"Take Risks With Courage & Earnestness": The Student Audition Journey
By Amy Hand, Head of Middle School
“Ogres are like onions.” So goes the classic quote from Shrek, which was hilariously misunderstood by Donkey (“They stink?” “They rot in the sun?”) before Shrek clarified, “Onions have layers.”
So, too, have Hillbrook’s members of the Class of 2020, who recently auditioned for roles for the 8th grade production Shrek the Musical. This year, our 8th graders have already shown us their academic layers, their athletic layers, the layers upon layers of their social worlds, their singing layers, and their leadership layers, among many, many others. Now, they’re diving into the process of showing us their musical theater layers. Some will be in charge of the sets, creating the fantastic world in which the show will be set; some will dazzle us with their solos in leading roles; some will make the production come to life by singing and dancing in the chorus. All will participate in the goofy and heartwarming production.
A key part of getting the musical started was having every 8th grade student audition for a role. Belting out a song in front of your teachers and fellow students is no small feat! The class of 2020 responded to Mark Silver’s charge at our first Flag of the year to “Take Risks” with courage and earnestness.

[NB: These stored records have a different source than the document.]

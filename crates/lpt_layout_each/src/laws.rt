//! What is given out of a stream, proved of all streams: functions with empty bodies.

ghost use Rattle.std.specs.Prelude.{◌≡◌, [], ◌∷◌, ◌++◌, ℕ, Bool, false, List, map};
ghost use Rattle.std.specs.List.{flat_map};
ghost use Rattle.lpt_carried.specs.declared.name.Name.{Name};
ghost use Rattle.lpt_carried.specs.declared.reading.Reading.{Reading};
ghost use Rattle.lpt_layout_join.specs.Counts.{nothing_counted};
ghost use Rattle.lpt_layout_join.specs.InOrder.{IsInOrder};
ghost use Rattle.lpt_layout_each.specs.Eaches.{counts_of, course_held, news, news_from, nothing};
ghost use Rattle.lpt_layout_each.specs.Laws.{InOrder, IsGood, news_of_name};
ghost use Rattle.lpt_layout_each.specs.News.{Event, News, Given, messages_in, messages_of};
ghost use Rattle.lpt_layout_each.specs.Sends.{AllSplitWhole, Sends, Split, carriers, packets_of};
ghost use Rattle.lpt_layout_each.specs.Streams.{events};

use lpt_layout_join::laws::made_is_carried;

/// Each message that is given out is joined of parts of its name that agree with one another and
/// stand among the packets, whatever these are, and a packet of its direction, if not any will do.
pub fn given_is_there()
    ensures { (r : Reading) (any : Bool) (packets : List (List ℕ)) (n : Name) (m : List ℕ)
        (front back : List Event) (w : News)
        → events r any packets ≡ front ++ (n, w) ∷ back → messages_of w ≡ m ∷ []
        → IsGood r any packets n m }
{}

/// By a layout without a checksum each message that is given out, but with `any`, is joined of
/// parts that stand in the order of their numbers, and between each of them and the next fewer
/// sequence counts of the APID are missing than its number.
pub fn given_is_in_order()
    ensures { (r : Reading) (packets : List (List ℕ)) (n : Name) (m : List ℕ)
        (front back : List Event) (w : News) → r.layout.has_checksum ≡ false
        → events r false packets ≡ front ++ (n, w) ∷ back → messages_of w ≡ m ∷ []
        → IsInOrder r n packets m }
{}

/// Over packets of messages one behind the other, under one name, just these messages are given
/// out, in their order, and nothing is given up: if each is whole with the last of its packets,
/// which may come in any order and more than once, with others in between, but its last part not
/// before its first.
pub fn sent_is_given()
    ensures { (r : Reading) (any : Bool) (n : Name) (messages packets : List (List ℕ))
        → Sends r any n messages packets → news r any n packets ≡ map Given messages }
{}

/// Over the packets of messages that are split, one message behind the other under one name, and
/// others that carry no part of it in between, just these messages are given out, in their order,
/// and nothing is given up: whichever order their parts are sent in, and as often, if not all
/// are sent before the last, and the last part not before the first.
pub fn split_is_given()
    ensures { (r : Reading) (any : Bool) (n : Name) (splits : List Split) (packets : List (List ℕ))
        → AllSplitWhole r any n splits → carriers r n packets ≡ flat_map (packets_of n) splits
        → news r any n packets ≡ map (λ s. Given s.message) splits }
{
    made_is_carried();
}

/// If the parts of a message stand in a stream in the order of their numbers, with no other part
/// of their name between them, this message is given out with one of them: whatever came before,
/// and whatever comes behind. The packets between its first and its last part may hold packets of
/// other names, and parts of it again but its first.
pub fn in_order_is_given()
    ensures { (r : Reading) (any : Bool) (n : Name) (before front behind : List (List ℕ))
        (last m : List ℕ)
        → InOrder r any n m front last
        → (earlier : List (List ℕ)) × (later : List (List ℕ)) × (after : List (List ℕ))
        × (messages_in (news_from r any n (counts_of r before) (course_held r any n before)
        (front ++ last ∷ []))
        ≡ earlier ++ m ∷ later)
        × (messages_in (news r any n (before ++ (front ++ last ∷ []) ++ behind))
        ≡ messages_in (news_from r any n nothing_counted nothing before)
        ++ (earlier ++ m ∷ later) ++ after) }
{}

/// What is told of a name among all names is what its own packets tell.
pub fn names_are_apart()
    ensures { (r : Reading) (any : Bool) (packets : List (List ℕ)) (n : Name)
        → news_of_name n (events r any packets)
        ≡ news_from r any n nothing_counted nothing packets }
{}
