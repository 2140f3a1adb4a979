//! Every message of a stream, each in a new file.

ghost use Rattle.std.specs.Prelude.{◌≡◌, ◌⊎◌, Some, Err, IfErr, IfOk, IfSome, IsSome, OnOk, false, if◌then◌else◌, length};
ghost use Rattle.std.specs.BTreeMap.{get};
ghost use Rattle.std.proofs.Props.{props};
ghost use Rattle.lpt_text.specs.Streams.{ReadEnds};
ghost use Rattle.lpt_stream.specs.Pieces.{packets_of};
ghost use Rattle.lpt_stream.specs.Reads.{IsEndlessBy};
ghost use Rattle.lpt_stream.specs.Takes.{LeavesBy, TakenAll};
ghost use Rattle.lpt_carried.specs.declared.name.Name.{Name};
ghost use Rattle.lpt_carried.specs.Carried.{cut, same_name};
ghost use Rattle.lpt_carried.specs.Tallies.{skips_of};
ghost use Rattle.lpt_layout_join.specs.Names.{name_cmp};
ghost use Rattle.lpt_layout_join.specs.Writes.{ReadsCut};
ghost use Rattle.lpt_layout_each.specs.Streams.{any_of, events};
ghost use Rattle.lpt_layout_each.specs.News.{messages_of};
ghost use Rattle.lpt_layout_each.specs.Told.{news_of};
ghost use Rattle.lpt_layout_each.specs.Files.{Files, FilesPart, IsNew, count_for, files_of, front_of};
ghost use Rattle.lpt_layout_each.specs.Filing.{count_at, with_mark};

use crate::naming::path_for;
use crate::{NewsAs, Shelf, TakerAs, each_as};
use lpt_carried::{Name, Reading, Skips};
use lpt_packet::Direction;
use lpt_text::{Source, StreamFault};
use std::alloc::{AllocError, Global};
use std::collections::BTreeMap;

/// Reads a stream of packets to its end, as `each_as` does, and has each message that it gives go
/// into a new file of this folder: `DIRECTION-USER-ID.NUMBER`, where the number counts the messages
/// of the name from 0 on. The shelf is told of the rest.
///
/// Errors: `Read` if a read failed, or if 2^64 - 1 pieces came; `Memory`; those of the shelf. The
/// files of a front part of the messages are there then; if a read failed, those of all messages
/// that were whole.
pub fn write_messages<P: Source, S: Shelf>(
    alloc: Global,
    reading: &Reading,
    any: bool,
    folder: &str,
    source: &mut P,
    shelf: S,
) -> (Result<Skips, StreamFault>, S)
    requires fresh { IsNew (S.heard shelf) (S.files shelf) }

    // Each file that is made has the name and the octets of its message, and no other is made.
    ensures made { IfOk result.0 (λ skips. ReadsCut (cut reading.now) (P.remaining source.old)
        (P.remaining source.new) (λ pieces. Files (S.heard shelf) (S.files result.1)
        (files_of (front_of folder.now reading.now.direction)
        (events reading.now any (packets_of pieces)))
        × (skips ≡ skips_of (any_of reading.now) pieces))) }

    // What a fault leaves: the files of a front part.
    ensures leaves { IfErr result.0 (λ _. LeavesBy (cut reading.now) (P.remaining source.old)
        (P.remaining source.new) (λ pieces. FilesPart (S.heard shelf) (S.files result.1)
        (files_of (front_of folder.now reading.now.direction)
        (events reading.now any (packets_of pieces))))) }

    // If a read fails, there are the files of all messages that what was read before it shows.
    ensures settled { result.0 ≡ Err StreamFault.Read → TakenAll (cut reading.now)
        (P.remaining source.old) (P.remaining source.new) (λ pieces.
        Files (S.heard shelf) (S.files result.1)
        (files_of (front_of folder.now reading.now.direction)
        (events reading.now any (packets_of pieces))))
        ⊎ IsEndlessBy (cut reading.now) (P.remaining source.old) (P.remaining source.new) }
    ensures reader { ReadEnds (IsEndlessBy (cut reading.now) (P.remaining source.old)
        (P.remaining source.new)) result.0 (P.failed source.old) (P.failed source.new) }
{
    let mut filing = Filing {
        alloc,
        folder,
        direction: reading.direction,
        counts: BTreeMap::new(alloc),
        shelf,
    };
    let ended = each_as(alloc, reading, any, source, &mut filing);
    let Filing { shelf, .. } = filing;
    (ended, shelf)
}

// A shelf, and how many messages of each name it took.
#[derive(Drop)]
struct Filing<'a, S: Shelf> {
    alloc: Global,
    folder: &'a str,
    direction: Direction,
    counts: BTreeMap<Name, u64>,
    shelf: S,
    ghost filed: { IfSome (S.heard shelf) (λ es. S.files shelf
        ≡ Some (files_of (front_of folder.now direction) es)) } by { Prim.hlevel props },
    ghost counted: { (n : Name) → IfSome (S.heard shelf) (λ es.
        count_at counts n ≡ count_for n es) } by { Prim.hlevel props },
}

impl<S: Shelf> TakerAs for Filing<'_, S> {
    ghost heard = { λ t. with_mark (front_of t.folder.now t.direction) (S.heard t.shelf) };

    fn take(&mut self, name: Name, news: &NewsAs) -> Result<(), StreamFault> {
        let before = count_of(&self.counts, name);
        let Some(behind) = before.checked_add(1) else {
            return Err(StreamFault::Write);
        };
        let path = path_for(self.alloc, self.folder, self.direction, name, before)?;
        note(&mut self.counts, name, before)?;
        self.shelf.take(name, news, path.as_str())?;
        if gives(news) {
            raise(&mut self.counts, name, behind);
        }
        Ok(())
    }
}

// Whether news have a message.
fn gives(news: &NewsAs) -> bool
    ensures { length (messages_of (news_of news.now)) ≡ (if result then 1 else 0) }
{
    matches!(news, NewsAs::Given(_) | NewsAs::Overtaken(_, _))
}

// How many messages of a name were taken.
fn count_of(counts: &BTreeMap<Name, u64>, name: Name) -> u64
    ensures { result ≡ count_at counts.now name }
{
    match counts.get(&name) {
        Some(count) => *count,
        None => 0,
    }
}

// Notes so many, for which there is room from now on. The only error is out of memory.
fn note(counts: &mut BTreeMap<Name, u64>, name: Name, count: u64) -> Result<(), AllocError>
    requires same { count_at counts.old name ≡ count }
    ensures there { OnOk result (IsSome (get name_cmp counts.new name)) }
    ensures same { (n : Name) → count_at counts.new n ≡ count_at counts.old n }
{
    counts.insert(name, count)?;
    Ok(())
}

// Notes so many in place of those that were.
fn raise(counts: &mut BTreeMap<Name, u64>, name: Name, count: u64)
    requires there { IsSome (get name_cmp counts.old name) }
    ensures its { count_at counts.new name ≡ count }
    ensures others { (n : Name) → same_name name n ≡ false
        → count_at counts.new n ≡ count_at counts.old n }
{
    let _ = counts.insert(name, count);
}
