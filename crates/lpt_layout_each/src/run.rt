//! The parts of a name that come in the order of their numbers, one behind the other.

ghost use Rattle.std.specs.Prelude.{◌≡◌, ◌≤◌, length, IfOk};
ghost use Rattle.lpt_packet.specs.Sizes.{longest_packet};
ghost use Rattle.lpt_layout.specs.Parts.{piece};
ghost use Rattle.lpt_layout_each.specs.Eaches as each;
ghost use Rattle.lpt_layout_each.specs.Helds.{IsRun, IsRunTurn};

use lpt_layout::{Octets, PartAs};
use lpt_layout_join::{CameAs, Order};
use std::alloc::{AllocError, Global};

/// Parts 1, 2 and so on that came in their order: behind the first of them nothing came of the name
/// but the next one, or one of these again.
#[derive(Drop)]
pub(crate) struct RunAs {
    pub(crate) order: Order,
    pub(crate) came: CameAs,
}

/// What a further part makes of them.
#[derive(Drop)]
pub(crate) enum RunTurnAs {
    /// It goes on.
    Goes,
    /// They are the message's, with few counts missing between them or not.
    Ends(Octets, bool),
}

impl RunAs {
    // None.
    pub(crate) fn none(alloc: Global) -> RunAs
        ensures { IsRun each.no_run result }
    {
        RunAs {
            order: Order::none(),
            came: CameAs::new(alloc),
        }
    }

    // Takes a part of the name, up to which so many counts are missing. The only error is out of
    // memory.
    pub(crate) fn take(
        &mut self,
        alloc: Global,
        missing: u64,
        part: &PartAs<'_>,
    ) -> Result<RunTurnAs, AllocError>
        requires number { 1 ≤ part.now.number }
        requires short { length part.now.octets.now ≤ longest_packet }
        ensures { (r : each.Run) → IsRun r self.old → IfOk result (λ o.
            IsRunTurn self.new o (each.run_turn r missing (piece part.now))) }
    {
        self.begin(alloc, part.number);
        if u64::from(part.number) > u64::from(self.order.count) + 1 {
            *self = RunAs::none(alloc);
            return Ok(RunTurnAs::Goes);
        }
        self.order = self.order.with(part.number, missing);
        self.came.take(0, part)?;
        if self.came.against().is_some() {
            *self = RunAs::none(alloc);
            return Ok(RunTurnAs::Goes);
        }
        match self.came.message(alloc)? {
            None => Ok(RunTurnAs::Goes),
            Some(message) => {
                let sure = self.order.is_whole(self.came.last());
                Ok(RunTurnAs::Ends(message, sure))
            }
        }
    }

    // Begins anew if a first part comes, of this number.
    fn begin(&mut self, alloc: Global, number: u32)
        ensures { (r : each.Run) → IsRun r self.old → IsRun (each.run_before r number) self.new }
    {
        if number == 1 {
            *self = RunAs::none(alloc);
        }
    }
}
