//! Where files are made.

use crate::NewsAs;
use lpt_carried::Name;
use lpt_text::StreamFault;

/// Where each message goes into a new file, and who is told of what never became whole.
pub trait Shelf: Drop {
    ghost use Rattle.std.specs.Prelude.{◌≡◌, ◌⊎◌, List, Option, IfErr, OnErr, OnOk};
    ghost use Rattle.lpt_layout_each.specs.News.{Event};
    ghost use Rattle.lpt_layout_each.specs.Told.{news_of};
    ghost use Rattle.lpt_layout_each.specs.Files.{NewFile, files_at, with_event, with_files};

    // What it was told so far, if that is known.
    ghost heard: { Self → Option (List Event) };

    // The files that were made, in their order, if they are known.
    ghost files: { Self → Option (List NewFile) };

    /// Takes news of a name. If they have a message, a new file at this path gets its octets: all
    /// of them, or there is no such file.
    ///
    /// Errors: `Write` if it couldn't be made, or there is a file at this path; `Memory`. No file
    /// was made then.
    fn take(&mut self, name: Name, news: &NewsAs, path: &str) -> Result<(), StreamFault>
        ensures heard { OnOk result (heard self.new
            ≡ with_event (name, news_of news.now) (heard self.old)) }
        ensures made { OnOk result (files self.new
            ≡ with_files (files_at path.now (news_of news.now)) (files self.old)) }
        ensures unheard { OnErr result (heard self.new ≡ heard self.old) }
        ensures unmade { OnErr result (files self.new ≡ files self.old) }
        ensures fault { IfErr result (λ e. (e ≡ StreamFault.Write) ⊎ (e ≡ StreamFault.Memory)) };
}
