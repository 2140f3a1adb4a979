//! What is kept of one name.

ghost use Rattle.std.specs.Prelude.{◌≡◌, ◌≤◌, ◌==◌, Bool, Option, None, length, IfOk, OnOk};
ghost use Rattle.std.specs.Option.{option_map};
ghost use Rattle.lpt_packet.specs.Sizes.{longest_packet};
ghost use Rattle.lpt_part.specs.Parts.{Piece};
ghost use Rattle.lpt_layout.specs.Parts.{piece};
ghost use Rattle.lpt_carried.specs.declared.reading.Reading.{Reading};
ghost use Rattle.lpt_layout_join.specs.Came.{Came, highest, message_of, nothing_came};
ghost use Rattle.lpt_layout_join.specs.CameInside.{Shows};
ghost use Rattle.lpt_layout_each.specs.Eaches as each;
ghost use Rattle.lpt_layout_each.specs.Helds.{Holds, IsTurnOfAll, ShowsSome, Takes};

use crate::NewsAs;
use crate::turn::{Turn, alone, turn_with};
use lpt_carried::Reading;
use lpt_layout::{Octets, PartAs};
use lpt_layout_join::CameAs;
use std::alloc::{AllocError, Global};
use std::mem;

/// The last message of a name, and what came behind it in any order.
#[derive(Drop)]
pub(crate) struct HeldAs {
    // The parts of the last whole message.
    pub(crate) last: Option<CameAs>,
    // All parts that came behind it, as long as they may be parts of one message.
    pub(crate) all: Option<CameAs>,
    // Those of them that aren't parts of it.
    pub(crate) rest: CameAs,
}

impl HeldAs {
    // Nothing came behind this message.
    pub(crate) fn behind(alloc: Global, last: Option<CameAs>) -> HeldAs
        ensures { (l : Option Came) → ShowsSome l last
            → Holds (each.held_begun l nothing_came) result }
    {
        let all = match &last {
            None => None,
            Some(_) => Some(CameAs::new(alloc)),
        };
        HeldAs {
            last,
            all,
            rest: CameAs::new(alloc),
        }
    }

    // Whether nothing is left of what came.
    pub(crate) fn is_empty(&self) -> bool
        ensures { (c : Came) → Shows c self.now.rest → result ≡ (highest c.parts == 0) }
    {
        self.rest.highest() == 0
    }

    // What is left.
    pub(crate) fn into_new(self) -> CameAs
        ensures { result ≡ self.rest }
    {
        self.rest
    }

    // Takes a part of the name, and gives what is told of it. The only error is out of memory.
    pub(crate) fn take(
        &mut self,
        alloc: Global,
        reading: &Reading,
        any: bool,
        again: bool,
        place: u64,
        part: &PartAs<'_>,
    ) -> Result<Option<NewsAs>, AllocError>
        requires number { 1 ≤ part.now.number }
        requires short { length part.now.octets.now ≤ longest_packet }
        ensures { (h : each.Held) → Holds h self.old → IfOk result (λ news.
            Takes (self.new, news) (each.gather reading.now any again h (piece part.now))) }
    {
        let old = is_old(&self.last, part);
        let all = turn_of_all(alloc, reading, any, place, &mut self.all, part)?;
        if old {
            return Ok(self.go_by_all(alloc, all));
        }
        match turn_with(alloc, reading, any, place, &mut self.rest, part)? {
            Turn::Waits => Ok(self.go_by_all(alloc, all)),
            Turn::Broken => {
                let next = begin(alloc, self.last.take(), place, part)?;
                let before = mem::replace(self, next);
                Ok(Some(NewsAs::Dropped(before.rest)))
            }
            Turn::Unfit(misfit) => {
                *self = begin_after(alloc, again, self.last.take(), place, part)?;
                Ok(Some(NewsAs::Unfit(misfit)))
            }
            Turn::Gives(message) => {
                let came = mem::replace(&mut self.rest, CameAs::new(alloc));
                *self = HeldAs::behind(alloc, Some(came));
                Ok(Some(NewsAs::Given(message)))
            }
        }
    }

    // Goes on with the new parts, and tells what a part made of all, of which these are kept.
    fn go_by_all(&mut self, alloc: Global, all: Option<Turn>) -> Option<NewsAs>
        ensures { (l a : Option Came) (c : Came) (q : Piece) (o : Option each.Turn) (again : Bool)
            → ShowsSome l self.old.last → ShowsSome (option_map (λ d. each.more d q) a) self.old.all
            → Shows c self.old.rest → IsTurnOfAll again a q all o
            → Takes (self.new, result) (each.after_all l c o) }
    {
        match all {
            Some(Turn::Gives(message)) => {
                *self = HeldAs::behind(alloc, self.all.take());
                Some(NewsAs::Given(message))
            }
            Some(Turn::Waits) => None,
            Some(Turn::Broken) => {
                self.all = None;
                None
            }
            Some(Turn::Unfit(_misfit)) => {
                self.all = None;
                None
            }
            None => None,
        }
    }

    // Whether this is the last message. The only error is out of memory.
    pub(crate) fn is_last(&self, alloc: Global, message: &Octets) -> Result<bool, AllocError>
        ensures { (h : each.Held) → Holds h self.now → IfOk result (λ b.
            b ≡ each.is_same h.last message.now) }
    {
        match &self.last {
            None => Ok(false),
            Some(came) => spells(alloc, came, message),
        }
    }
}

// Whether parts are joined to this message. The only error is out of memory.
fn spells(alloc: Global, came: &CameAs, message: &Octets) -> Result<bool, AllocError>
    ensures { (c : Came) → Shows c came.now → IfOk result (λ b.
        b ≡ each.spells (message_of c.parts) message.now) }
{
    match came.message(alloc)? {
        None => Ok(false),
        Some(whole) => Ok(whole == *message),
    }
}

// Whether it is a part of the last message.
pub(crate) fn is_old(last: &Option<CameAs>, part: &PartAs<'_>) -> bool
    requires number { 1 ≤ part.now.number }
    requires short { length part.now.octets.now ≤ longest_packet }
    ensures { (l : Option Came) → ShowsSome l last.now
        → result ≡ each.is_old l (piece part.now) }
{
    match last {
        None => false,
        Some(came) => came.has_part(part),
    }
}

// Adds a part to all parts, if they are kept. The only error is out of memory.
fn turn_of_all(
    alloc: Global,
    reading: &Reading,
    any: bool,
    place: u64,
    all: &mut Option<CameAs>,
    part: &PartAs<'_>,
) -> Result<Option<Turn>, AllocError>
    requires number { 1 ≤ part.now.number }
    requires short { length part.now.octets.now ≤ longest_packet }
    ensures came { (l : Option Came) → ShowsSome l all.old → OnOk result
        (ShowsSome (option_map (λ c. each.more c (piece part.now)) l) all.new) }
    ensures turn { (l : Option Came) → ShowsSome l all.old → IfOk result (λ o. (again : Bool) →
        IsTurnOfAll again l (piece part.now) o
        (each.all_turn reading.now any again l (piece part.now))) }
{
    match all {
        None => Ok(None),
        Some(came) => Ok(Some(turn_with(alloc, reading, any, place, came, part)?)),
    }
}

// This part alone came behind a message. The only error is out of memory.
pub(crate) fn begin(
    alloc: Global,
    last: Option<CameAs>,
    place: u64,
    part: &PartAs<'_>,
) -> Result<HeldAs, AllocError>
    requires number { 1 ≤ part.now.number }
    requires short { length part.now.octets.now ≤ longest_packet }
    ensures { (l : Option Came) → ShowsSome l last → IfOk result
        (Holds (each.held_begun l (each.alone (piece part.now)))) }
{
    let all = match &last {
        None => None,
        Some(_) => Some(alone(alloc, place, part)?),
    };
    let rest = alone(alloc, place, part)?;
    Ok(HeldAs { last, all, rest })
}

// With the part that made a whole that isn't given out, or with nothing. The only error is out of
// memory.
fn begin_after(
    alloc: Global,
    again: bool,
    last: Option<CameAs>,
    place: u64,
    part: &PartAs<'_>,
) -> Result<HeldAs, AllocError>
    requires number { 1 ≤ part.now.number }
    requires short { length part.now.octets.now ≤ longest_packet }
    ensures { (l : Option Came) → ShowsSome l last → IfOk result
        (Holds (each.held_begun l (each.seed again (piece part.now)))) }
{
    if again {
        return begin(alloc, last, place, part);
    }
    Ok(HeldAs::behind(alloc, last))
}
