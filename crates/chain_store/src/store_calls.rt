// Making the store, and its calls.
ghost use Rattle.std.specs.Prelude.{◌≡◌, [], ◌∷◌, is_ok, if◌then◌else◌, MatchResult, nat_eq};
ghost use Rattle.std.specs.List.{range_with_len};
ghost use Rattle.block.specs.Blocks.{all_free, free_count};
ghost use Rattle.block.specs.Calls.{Takes, keep_answer, kept, put_answer, release_answer, released, written};
ghost use Rattle.layout.specs.Layout.{past, room};
ghost use Rattle.layout.proofs.Wholes.{laid_whole};
ghost use Rattle.links.specs.Chain.{Threads};
ghost use Rattle.chain_store.specs.Order.{held, order, stands_on};

use crate::store::ChainStore;
use block::{BlockStore, Refusal};
use block_slab::Slab;

impl<'a> ChainStore<'a> {
    // A store of as many blocks as the memory has room for, all of them free, 0 first: the least of a sixteenth of the words, the cells, and 16,384.
    pub fn new(words: &'a mut [u32], cells: &'a mut [u16]) -> ChainStore<'a>
        ensures after { held result ≡ all_free (room words.old cells.old) }
        ensures stays { stands_on result ≡ past (words.entry.ghost_name ∷ cells.entry.ghost_name ∷ []) words.old cells.old }
        ensures order { order result ≡ range_with_len 0 (room words.old cells.old) }
    {
        let mut slab = Slab::new(words, cells);
        slab.clear();
        let size = slab.view().size() as u32;
        for b in 0..size {
            slab.link(b, b + 1);
        }
        ChainStore {
            slab,
            top: 0,
            free: size,
        }
    }
}

impl<'a> BlockStore for ChainStore<'a> {
    ghost blocks = { held };

    ghost whole = { λ s. laid_whole s.slab.words.now s.slab.cells.now s.slab.fits };

    ghost frame = { stands_on };

    // Takes the number that was freed last.
    fn take(&mut self) -> Result<u32, Refusal>
        ensures after { Takes (held self.old) result (held self.new) }
        ensures stays { stands_on self.new ≡ stands_on self.old }
        ensures order { MatchResult result (λ b. order self.old ≡ b ∷ order self.new) (λ _. order self.new ≡ order self.old) }
    {
        self.free = self.free.checked_sub(1).ok_or(Refusal::NoneFree)?;
        let b = self.top;
        self.top = self.slab.view().linked(b);
        self.slab.claim(b);
        Ok(b)
    }

    fn keep(&mut self, b: u32) -> Result<(), Refusal>
        ensures answer { result ≡ keep_answer (held self.old) b }
        ensures after { held self.new ≡ (if is_ok result then kept (held self.old) b else held self.old) }
        ensures stays { stands_on self.new ≡ stands_on self.old }
        ensures order { order self.new ≡ order self.old }
    {
        self.slab.keep(b)
    }

    // The last release puts the number before all that were freed earlier.
    fn release(&mut self, b: u32) -> Result<(), Refusal>
        ensures answer { result ≡ release_answer (held self.old) b }
        ensures after { held self.new ≡ (if is_ok result then released (held self.old) b else held self.old) }
        ensures stays { stands_on self.new ≡ stands_on self.old }
        ensures order { order self.new ≡ (if nat_eq ((held self.old).holders b) 1 then b ∷ order self.old else order self.old) }
    {
        if self.slab.release(b)? {
            self.slab.link(b, self.top);
            self.top = b;
            self.free += 1;
        }
        Ok(())
    }

    fn get(&self, b: u32, i: u32) -> Result<u32, Refusal> {
        self.slab.view().get(b, i)
    }

    fn put(&mut self, b: u32, i: u32, w: u32) -> Result<(), Refusal>
        ensures answer { result ≡ put_answer (held self.old) b i }
        ensures after { held self.new ≡ (if is_ok result then written (held self.old) b i w else held self.old) }
        ensures stays { stands_on self.new ≡ stands_on self.old }
        ensures order { order self.new ≡ order self.old }
    {
        self.slab.put(b, i, w)
    }

    fn holders(&self, b: u32) -> Result<u16, Refusal> {
        self.slab.view().holders(b)
    }

    // The chain has every free number once, and no other.
    fn left(&self) -> u32
        ensures value { result ≡ free_count (held self.now) }
        ensures order { Threads (order self.now) (held self.now) }
    {
        self.free
    }

    fn size(&self) -> u32 {
        self.slab.view().size() as u32
    }
}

Some left the process with exactly the role they wanted. Others, no doubt, were disappointed with either their performance in the process or with the part they were assigned. Though it can be hard to see children upset by what they perceive as failure, know that disappointment is a healthy emotion for adolescents to experience; navigating smaller, safer setbacks helps children develop the emotional toolbox for coping with the larger-scale setbacks they’ll eventually encounter. The article “Parenting: Disappointment is Good” from Psychology Today offers the following suggestions on how parents can productively respond to their children’s disappointment:
Allow your children to feel disappointment about the setback;
Don't "spin" the situation to make your children feel better;
Offer a healthy perspective on disappointment;
Support your children, but don't give them a consolation prize;
Help your children find ways to surmount the causes of their disappointment;
Tell your children that they will survive these disappointments and will achieve their goals if they keep trying hard;
Finally, make sure they know you love them regardless of their successes or failures.
The auditions and the early rehearsals that are underway are providing your kids with a rich learning experience - not only in musical theater, of course, but also in cooperation, in group dynamics, and in leadership. We are proud of the grade for answering the question, “What do you do with a chance?” with full-throated song, and we can’t wait to sing along with them this spring!